### EXERCISE INSTRUCTIONS
Report each line from the entries in which "fourth" can be found.

### Stored records
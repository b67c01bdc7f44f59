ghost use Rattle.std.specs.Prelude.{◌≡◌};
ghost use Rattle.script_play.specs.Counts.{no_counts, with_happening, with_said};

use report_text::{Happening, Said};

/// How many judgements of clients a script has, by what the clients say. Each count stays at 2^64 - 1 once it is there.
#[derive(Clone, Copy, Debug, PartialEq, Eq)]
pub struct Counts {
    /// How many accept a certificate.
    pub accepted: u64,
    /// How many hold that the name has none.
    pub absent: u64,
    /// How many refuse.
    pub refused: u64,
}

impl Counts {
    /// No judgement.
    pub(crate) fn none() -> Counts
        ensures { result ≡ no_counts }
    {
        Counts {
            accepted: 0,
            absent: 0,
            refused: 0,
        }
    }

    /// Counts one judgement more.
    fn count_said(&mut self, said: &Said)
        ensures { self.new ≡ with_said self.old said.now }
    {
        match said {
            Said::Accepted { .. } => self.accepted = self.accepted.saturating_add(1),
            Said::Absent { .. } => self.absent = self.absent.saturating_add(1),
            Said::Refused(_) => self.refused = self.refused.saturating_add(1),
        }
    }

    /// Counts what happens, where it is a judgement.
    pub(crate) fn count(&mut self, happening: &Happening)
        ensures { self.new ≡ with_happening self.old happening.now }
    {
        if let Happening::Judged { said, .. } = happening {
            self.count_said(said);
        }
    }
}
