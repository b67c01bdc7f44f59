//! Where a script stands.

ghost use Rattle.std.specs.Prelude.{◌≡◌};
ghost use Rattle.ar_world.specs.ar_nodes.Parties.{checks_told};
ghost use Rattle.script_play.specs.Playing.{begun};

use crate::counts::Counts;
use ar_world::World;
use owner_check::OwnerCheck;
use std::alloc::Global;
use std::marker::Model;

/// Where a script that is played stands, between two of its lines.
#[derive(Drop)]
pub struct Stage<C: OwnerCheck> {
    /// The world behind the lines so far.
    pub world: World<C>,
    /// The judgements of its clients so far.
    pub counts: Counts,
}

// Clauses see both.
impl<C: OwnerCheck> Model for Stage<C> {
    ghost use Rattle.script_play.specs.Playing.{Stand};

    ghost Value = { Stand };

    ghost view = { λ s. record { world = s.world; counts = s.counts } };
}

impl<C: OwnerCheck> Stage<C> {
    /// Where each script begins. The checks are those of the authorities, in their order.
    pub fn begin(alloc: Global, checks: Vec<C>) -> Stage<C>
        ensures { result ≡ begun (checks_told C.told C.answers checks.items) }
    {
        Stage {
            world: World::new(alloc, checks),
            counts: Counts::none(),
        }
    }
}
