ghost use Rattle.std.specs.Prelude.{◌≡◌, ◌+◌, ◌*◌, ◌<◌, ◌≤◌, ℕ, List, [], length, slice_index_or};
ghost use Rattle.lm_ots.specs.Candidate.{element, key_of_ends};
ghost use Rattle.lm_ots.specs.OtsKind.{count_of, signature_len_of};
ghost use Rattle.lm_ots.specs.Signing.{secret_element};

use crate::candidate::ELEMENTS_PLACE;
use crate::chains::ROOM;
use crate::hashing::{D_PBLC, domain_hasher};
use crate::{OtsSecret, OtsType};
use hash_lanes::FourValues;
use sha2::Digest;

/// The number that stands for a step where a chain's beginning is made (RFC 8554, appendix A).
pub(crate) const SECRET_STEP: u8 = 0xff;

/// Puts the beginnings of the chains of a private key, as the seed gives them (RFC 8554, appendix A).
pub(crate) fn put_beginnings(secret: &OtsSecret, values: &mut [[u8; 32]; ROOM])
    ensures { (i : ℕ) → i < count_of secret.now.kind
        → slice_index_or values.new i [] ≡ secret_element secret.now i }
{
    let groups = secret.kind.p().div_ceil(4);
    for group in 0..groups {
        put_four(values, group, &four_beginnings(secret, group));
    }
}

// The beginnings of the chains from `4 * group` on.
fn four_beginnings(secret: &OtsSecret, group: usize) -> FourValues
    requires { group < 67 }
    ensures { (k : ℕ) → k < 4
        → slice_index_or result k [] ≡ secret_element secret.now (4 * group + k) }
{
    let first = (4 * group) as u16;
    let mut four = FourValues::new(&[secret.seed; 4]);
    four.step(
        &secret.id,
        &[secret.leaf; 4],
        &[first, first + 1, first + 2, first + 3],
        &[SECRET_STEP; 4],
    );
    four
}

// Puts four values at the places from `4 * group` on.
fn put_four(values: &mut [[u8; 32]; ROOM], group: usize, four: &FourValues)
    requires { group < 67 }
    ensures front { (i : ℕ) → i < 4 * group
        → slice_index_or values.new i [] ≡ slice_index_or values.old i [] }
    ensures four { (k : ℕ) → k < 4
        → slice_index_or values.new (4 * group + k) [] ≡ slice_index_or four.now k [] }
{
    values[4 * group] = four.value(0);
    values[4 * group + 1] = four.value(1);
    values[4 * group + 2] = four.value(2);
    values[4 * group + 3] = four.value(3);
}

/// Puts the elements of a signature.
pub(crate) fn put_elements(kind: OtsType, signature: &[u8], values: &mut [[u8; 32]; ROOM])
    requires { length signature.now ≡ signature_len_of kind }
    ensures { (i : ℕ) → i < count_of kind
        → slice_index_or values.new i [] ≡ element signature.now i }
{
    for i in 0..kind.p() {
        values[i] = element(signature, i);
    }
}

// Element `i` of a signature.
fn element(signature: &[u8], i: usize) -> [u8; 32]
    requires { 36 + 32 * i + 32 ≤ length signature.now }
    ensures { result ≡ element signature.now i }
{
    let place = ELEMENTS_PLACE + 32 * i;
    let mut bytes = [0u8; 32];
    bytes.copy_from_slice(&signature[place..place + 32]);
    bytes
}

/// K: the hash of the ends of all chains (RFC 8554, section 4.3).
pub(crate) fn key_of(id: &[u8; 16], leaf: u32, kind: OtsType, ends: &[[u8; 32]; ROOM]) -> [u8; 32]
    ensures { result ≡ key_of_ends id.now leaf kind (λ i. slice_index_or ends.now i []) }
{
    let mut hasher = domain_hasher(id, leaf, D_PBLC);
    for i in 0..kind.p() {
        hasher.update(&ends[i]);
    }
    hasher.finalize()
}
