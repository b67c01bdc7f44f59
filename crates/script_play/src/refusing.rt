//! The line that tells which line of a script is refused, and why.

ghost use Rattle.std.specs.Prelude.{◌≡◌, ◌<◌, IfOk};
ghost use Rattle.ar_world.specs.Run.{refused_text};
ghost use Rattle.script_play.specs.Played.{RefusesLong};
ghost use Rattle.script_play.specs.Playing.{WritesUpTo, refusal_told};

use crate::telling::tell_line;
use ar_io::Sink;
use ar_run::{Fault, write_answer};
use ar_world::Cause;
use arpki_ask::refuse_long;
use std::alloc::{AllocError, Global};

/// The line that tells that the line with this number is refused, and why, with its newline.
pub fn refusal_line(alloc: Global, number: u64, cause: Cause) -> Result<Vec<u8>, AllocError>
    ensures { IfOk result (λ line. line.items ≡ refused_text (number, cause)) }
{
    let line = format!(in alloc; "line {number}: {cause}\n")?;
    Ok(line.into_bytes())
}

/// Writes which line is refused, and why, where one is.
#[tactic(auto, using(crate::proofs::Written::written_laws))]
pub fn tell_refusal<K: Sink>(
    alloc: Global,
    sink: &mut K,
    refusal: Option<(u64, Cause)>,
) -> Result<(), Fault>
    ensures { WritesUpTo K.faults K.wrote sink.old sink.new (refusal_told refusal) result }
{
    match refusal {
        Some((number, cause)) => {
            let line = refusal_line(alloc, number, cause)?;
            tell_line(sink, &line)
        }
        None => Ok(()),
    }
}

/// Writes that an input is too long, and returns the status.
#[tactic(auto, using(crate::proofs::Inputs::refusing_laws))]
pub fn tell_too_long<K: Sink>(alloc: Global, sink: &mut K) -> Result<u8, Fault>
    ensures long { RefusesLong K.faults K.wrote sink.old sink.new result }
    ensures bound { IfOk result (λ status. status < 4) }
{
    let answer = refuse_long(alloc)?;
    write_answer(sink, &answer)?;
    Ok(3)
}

...

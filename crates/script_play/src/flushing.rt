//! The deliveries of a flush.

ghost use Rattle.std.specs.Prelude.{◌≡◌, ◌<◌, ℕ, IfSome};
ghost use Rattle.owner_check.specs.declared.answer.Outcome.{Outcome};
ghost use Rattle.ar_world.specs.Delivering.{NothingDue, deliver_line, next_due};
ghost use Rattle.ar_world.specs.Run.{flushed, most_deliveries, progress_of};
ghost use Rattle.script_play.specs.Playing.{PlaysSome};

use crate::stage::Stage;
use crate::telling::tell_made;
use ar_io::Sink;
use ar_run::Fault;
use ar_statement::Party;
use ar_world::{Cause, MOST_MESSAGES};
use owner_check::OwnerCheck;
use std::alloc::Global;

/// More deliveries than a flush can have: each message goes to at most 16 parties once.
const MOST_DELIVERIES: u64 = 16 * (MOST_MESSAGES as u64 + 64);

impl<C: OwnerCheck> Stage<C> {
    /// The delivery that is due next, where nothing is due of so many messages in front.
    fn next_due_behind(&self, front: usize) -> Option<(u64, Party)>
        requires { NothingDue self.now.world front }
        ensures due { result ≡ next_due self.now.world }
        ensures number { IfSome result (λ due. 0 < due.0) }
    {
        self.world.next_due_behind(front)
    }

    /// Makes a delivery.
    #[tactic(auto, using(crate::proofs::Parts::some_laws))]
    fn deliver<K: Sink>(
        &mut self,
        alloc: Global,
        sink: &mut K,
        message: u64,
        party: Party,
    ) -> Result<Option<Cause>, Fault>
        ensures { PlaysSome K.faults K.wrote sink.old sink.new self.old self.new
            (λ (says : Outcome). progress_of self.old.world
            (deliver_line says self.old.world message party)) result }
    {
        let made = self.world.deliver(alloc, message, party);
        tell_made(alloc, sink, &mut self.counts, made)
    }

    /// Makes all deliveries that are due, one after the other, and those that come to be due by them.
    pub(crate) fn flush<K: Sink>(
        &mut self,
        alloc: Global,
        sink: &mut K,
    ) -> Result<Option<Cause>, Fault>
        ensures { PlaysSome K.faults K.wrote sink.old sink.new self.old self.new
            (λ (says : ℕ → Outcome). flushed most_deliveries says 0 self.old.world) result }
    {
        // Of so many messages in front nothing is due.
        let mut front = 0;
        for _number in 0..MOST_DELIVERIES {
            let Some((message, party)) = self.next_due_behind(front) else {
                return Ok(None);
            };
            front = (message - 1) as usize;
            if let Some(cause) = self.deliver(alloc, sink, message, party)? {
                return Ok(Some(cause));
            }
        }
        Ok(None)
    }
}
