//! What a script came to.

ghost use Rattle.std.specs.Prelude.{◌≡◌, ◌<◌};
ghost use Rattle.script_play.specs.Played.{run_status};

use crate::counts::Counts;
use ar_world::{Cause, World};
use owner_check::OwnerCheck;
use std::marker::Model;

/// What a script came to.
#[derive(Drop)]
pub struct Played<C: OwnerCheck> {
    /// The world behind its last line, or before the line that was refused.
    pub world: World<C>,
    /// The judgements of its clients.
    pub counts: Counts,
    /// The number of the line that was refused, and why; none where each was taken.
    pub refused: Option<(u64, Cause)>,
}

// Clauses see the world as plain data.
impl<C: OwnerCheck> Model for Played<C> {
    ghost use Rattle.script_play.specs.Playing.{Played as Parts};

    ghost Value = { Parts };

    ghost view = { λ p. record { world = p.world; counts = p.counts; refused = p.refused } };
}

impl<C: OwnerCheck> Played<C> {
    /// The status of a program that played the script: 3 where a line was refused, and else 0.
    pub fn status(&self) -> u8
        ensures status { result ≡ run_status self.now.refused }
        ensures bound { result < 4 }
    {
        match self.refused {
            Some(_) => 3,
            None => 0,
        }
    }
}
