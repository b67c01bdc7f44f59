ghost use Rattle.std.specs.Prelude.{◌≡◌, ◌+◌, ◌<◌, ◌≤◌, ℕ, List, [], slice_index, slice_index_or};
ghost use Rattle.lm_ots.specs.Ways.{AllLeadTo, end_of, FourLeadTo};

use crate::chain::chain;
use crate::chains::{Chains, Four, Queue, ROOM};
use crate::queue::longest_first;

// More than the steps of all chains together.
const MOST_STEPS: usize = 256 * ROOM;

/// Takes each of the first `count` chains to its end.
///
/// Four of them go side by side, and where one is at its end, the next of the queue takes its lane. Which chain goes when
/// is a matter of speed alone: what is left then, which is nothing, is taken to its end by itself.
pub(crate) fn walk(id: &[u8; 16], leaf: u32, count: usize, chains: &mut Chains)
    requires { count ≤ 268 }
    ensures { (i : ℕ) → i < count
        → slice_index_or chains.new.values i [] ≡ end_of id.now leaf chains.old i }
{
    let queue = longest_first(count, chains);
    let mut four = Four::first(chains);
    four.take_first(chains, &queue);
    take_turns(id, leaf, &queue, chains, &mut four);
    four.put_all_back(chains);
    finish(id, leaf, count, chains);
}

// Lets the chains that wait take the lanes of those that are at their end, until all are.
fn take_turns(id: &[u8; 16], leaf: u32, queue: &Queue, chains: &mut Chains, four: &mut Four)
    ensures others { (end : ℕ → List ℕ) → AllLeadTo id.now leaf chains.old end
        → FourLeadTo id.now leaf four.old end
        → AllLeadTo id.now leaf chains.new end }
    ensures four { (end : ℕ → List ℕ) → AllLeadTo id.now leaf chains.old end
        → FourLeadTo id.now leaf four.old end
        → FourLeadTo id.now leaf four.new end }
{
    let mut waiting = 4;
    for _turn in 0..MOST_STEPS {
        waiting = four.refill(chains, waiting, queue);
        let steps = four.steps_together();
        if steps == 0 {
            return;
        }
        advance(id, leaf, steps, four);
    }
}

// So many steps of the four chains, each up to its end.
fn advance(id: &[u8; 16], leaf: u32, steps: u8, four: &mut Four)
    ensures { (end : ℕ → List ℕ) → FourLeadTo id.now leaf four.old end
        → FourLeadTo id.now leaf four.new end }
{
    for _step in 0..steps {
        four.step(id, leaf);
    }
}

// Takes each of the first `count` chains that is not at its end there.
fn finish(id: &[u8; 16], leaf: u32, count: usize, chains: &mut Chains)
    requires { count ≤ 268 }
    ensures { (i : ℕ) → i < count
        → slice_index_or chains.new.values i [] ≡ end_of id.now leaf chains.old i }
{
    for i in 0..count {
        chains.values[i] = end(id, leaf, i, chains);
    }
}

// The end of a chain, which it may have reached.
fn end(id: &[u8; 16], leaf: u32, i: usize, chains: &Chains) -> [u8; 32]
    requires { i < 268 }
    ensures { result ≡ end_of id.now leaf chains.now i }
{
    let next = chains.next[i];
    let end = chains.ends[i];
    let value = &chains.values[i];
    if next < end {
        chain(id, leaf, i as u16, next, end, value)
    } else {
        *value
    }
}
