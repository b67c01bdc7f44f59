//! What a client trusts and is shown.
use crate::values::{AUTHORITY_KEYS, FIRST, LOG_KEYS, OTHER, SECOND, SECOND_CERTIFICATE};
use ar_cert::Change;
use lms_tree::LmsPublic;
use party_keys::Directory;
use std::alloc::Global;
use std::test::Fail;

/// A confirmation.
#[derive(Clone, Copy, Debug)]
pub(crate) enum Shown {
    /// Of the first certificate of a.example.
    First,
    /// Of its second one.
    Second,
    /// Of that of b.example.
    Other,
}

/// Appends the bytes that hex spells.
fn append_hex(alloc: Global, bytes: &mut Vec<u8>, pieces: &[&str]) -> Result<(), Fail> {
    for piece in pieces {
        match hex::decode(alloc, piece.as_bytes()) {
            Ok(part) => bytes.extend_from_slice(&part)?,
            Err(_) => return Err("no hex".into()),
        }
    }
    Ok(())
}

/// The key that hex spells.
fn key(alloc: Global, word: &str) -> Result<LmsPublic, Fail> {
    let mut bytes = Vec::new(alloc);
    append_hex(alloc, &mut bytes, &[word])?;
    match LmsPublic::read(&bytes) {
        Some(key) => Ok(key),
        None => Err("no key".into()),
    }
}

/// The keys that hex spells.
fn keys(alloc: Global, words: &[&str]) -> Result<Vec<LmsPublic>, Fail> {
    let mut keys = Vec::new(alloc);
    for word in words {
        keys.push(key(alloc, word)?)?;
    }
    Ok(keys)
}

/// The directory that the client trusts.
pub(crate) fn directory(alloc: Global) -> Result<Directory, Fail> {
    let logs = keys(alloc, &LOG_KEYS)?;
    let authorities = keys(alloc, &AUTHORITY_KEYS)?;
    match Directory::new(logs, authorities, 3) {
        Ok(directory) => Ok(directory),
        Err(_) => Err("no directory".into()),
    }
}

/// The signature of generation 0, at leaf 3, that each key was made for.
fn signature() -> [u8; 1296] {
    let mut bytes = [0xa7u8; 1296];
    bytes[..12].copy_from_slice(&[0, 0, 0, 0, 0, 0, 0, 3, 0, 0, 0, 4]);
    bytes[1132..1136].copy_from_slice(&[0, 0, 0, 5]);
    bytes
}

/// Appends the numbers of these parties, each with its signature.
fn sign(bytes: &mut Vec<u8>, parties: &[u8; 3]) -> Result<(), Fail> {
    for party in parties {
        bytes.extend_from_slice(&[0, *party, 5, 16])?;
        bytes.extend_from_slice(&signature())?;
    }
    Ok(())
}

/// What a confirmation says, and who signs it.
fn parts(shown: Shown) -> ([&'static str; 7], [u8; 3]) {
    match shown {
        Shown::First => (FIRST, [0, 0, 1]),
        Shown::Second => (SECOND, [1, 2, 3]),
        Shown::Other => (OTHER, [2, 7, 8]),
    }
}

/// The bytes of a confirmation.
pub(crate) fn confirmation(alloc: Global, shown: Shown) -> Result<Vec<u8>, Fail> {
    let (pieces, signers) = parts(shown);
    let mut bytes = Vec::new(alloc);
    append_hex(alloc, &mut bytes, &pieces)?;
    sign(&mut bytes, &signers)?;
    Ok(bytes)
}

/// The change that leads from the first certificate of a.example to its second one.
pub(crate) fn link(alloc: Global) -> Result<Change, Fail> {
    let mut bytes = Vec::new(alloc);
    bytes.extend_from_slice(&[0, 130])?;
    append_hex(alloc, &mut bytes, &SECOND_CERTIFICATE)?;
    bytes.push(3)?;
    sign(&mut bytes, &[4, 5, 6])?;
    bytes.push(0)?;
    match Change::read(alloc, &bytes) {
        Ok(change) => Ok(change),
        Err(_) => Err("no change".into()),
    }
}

* * *

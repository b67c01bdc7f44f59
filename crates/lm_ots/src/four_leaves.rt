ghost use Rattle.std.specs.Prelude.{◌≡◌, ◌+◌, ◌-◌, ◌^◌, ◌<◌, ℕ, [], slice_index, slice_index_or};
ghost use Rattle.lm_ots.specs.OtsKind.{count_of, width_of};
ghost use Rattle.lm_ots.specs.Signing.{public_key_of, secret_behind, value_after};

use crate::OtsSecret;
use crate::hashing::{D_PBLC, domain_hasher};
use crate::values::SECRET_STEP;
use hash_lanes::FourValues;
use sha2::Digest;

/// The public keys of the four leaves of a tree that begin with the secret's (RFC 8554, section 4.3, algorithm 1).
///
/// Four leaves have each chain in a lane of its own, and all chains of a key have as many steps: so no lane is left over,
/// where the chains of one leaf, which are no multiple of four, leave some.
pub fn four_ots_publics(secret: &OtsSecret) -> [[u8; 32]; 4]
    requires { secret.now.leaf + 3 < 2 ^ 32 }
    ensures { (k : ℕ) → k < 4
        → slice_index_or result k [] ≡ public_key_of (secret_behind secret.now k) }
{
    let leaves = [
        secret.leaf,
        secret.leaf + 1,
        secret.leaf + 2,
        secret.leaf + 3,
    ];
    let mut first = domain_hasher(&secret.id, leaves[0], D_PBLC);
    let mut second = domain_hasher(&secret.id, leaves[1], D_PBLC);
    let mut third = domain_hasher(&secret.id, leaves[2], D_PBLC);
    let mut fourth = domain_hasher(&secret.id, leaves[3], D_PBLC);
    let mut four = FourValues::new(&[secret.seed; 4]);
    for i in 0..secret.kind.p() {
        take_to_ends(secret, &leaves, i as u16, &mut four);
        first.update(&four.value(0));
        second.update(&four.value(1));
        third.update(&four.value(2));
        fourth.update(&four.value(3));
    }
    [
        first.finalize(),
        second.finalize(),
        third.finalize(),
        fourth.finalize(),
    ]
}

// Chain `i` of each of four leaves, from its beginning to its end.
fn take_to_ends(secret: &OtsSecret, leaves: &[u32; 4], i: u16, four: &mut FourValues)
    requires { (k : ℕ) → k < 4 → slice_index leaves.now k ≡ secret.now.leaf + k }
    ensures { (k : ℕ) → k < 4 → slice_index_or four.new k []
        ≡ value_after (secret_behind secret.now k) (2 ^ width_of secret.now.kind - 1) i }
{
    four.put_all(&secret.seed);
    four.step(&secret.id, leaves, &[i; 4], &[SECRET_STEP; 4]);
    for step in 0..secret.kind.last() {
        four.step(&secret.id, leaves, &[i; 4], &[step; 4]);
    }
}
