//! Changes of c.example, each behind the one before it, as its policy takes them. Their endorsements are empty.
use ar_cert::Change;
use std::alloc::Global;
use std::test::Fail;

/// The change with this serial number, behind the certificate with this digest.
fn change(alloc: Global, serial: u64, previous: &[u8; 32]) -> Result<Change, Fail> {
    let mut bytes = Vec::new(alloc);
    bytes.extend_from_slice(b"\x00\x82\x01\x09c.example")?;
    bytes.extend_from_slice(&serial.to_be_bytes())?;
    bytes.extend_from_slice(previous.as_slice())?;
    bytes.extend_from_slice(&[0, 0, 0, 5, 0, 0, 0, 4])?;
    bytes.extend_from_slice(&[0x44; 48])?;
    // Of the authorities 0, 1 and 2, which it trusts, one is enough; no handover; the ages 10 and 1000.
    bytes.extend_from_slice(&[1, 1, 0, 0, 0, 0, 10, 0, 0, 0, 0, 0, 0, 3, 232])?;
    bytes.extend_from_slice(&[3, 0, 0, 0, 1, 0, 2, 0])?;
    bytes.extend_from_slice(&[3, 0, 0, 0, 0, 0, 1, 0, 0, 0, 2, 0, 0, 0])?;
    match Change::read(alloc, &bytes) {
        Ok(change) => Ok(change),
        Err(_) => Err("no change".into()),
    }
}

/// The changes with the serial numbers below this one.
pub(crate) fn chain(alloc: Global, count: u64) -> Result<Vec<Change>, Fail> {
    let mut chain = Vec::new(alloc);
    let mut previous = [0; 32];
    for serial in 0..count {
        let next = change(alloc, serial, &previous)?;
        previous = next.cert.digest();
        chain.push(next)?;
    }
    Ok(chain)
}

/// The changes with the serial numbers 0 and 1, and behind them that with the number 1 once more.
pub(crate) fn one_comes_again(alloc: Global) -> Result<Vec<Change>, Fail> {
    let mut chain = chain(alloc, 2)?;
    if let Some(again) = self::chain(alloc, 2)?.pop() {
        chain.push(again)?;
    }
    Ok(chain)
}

### OUTPUT
    let mut fourth = domain_hasher(&secret.id, leaves[3], D_PBLC);
        fourth.update(&four.value(3));
        fourth.finalize(),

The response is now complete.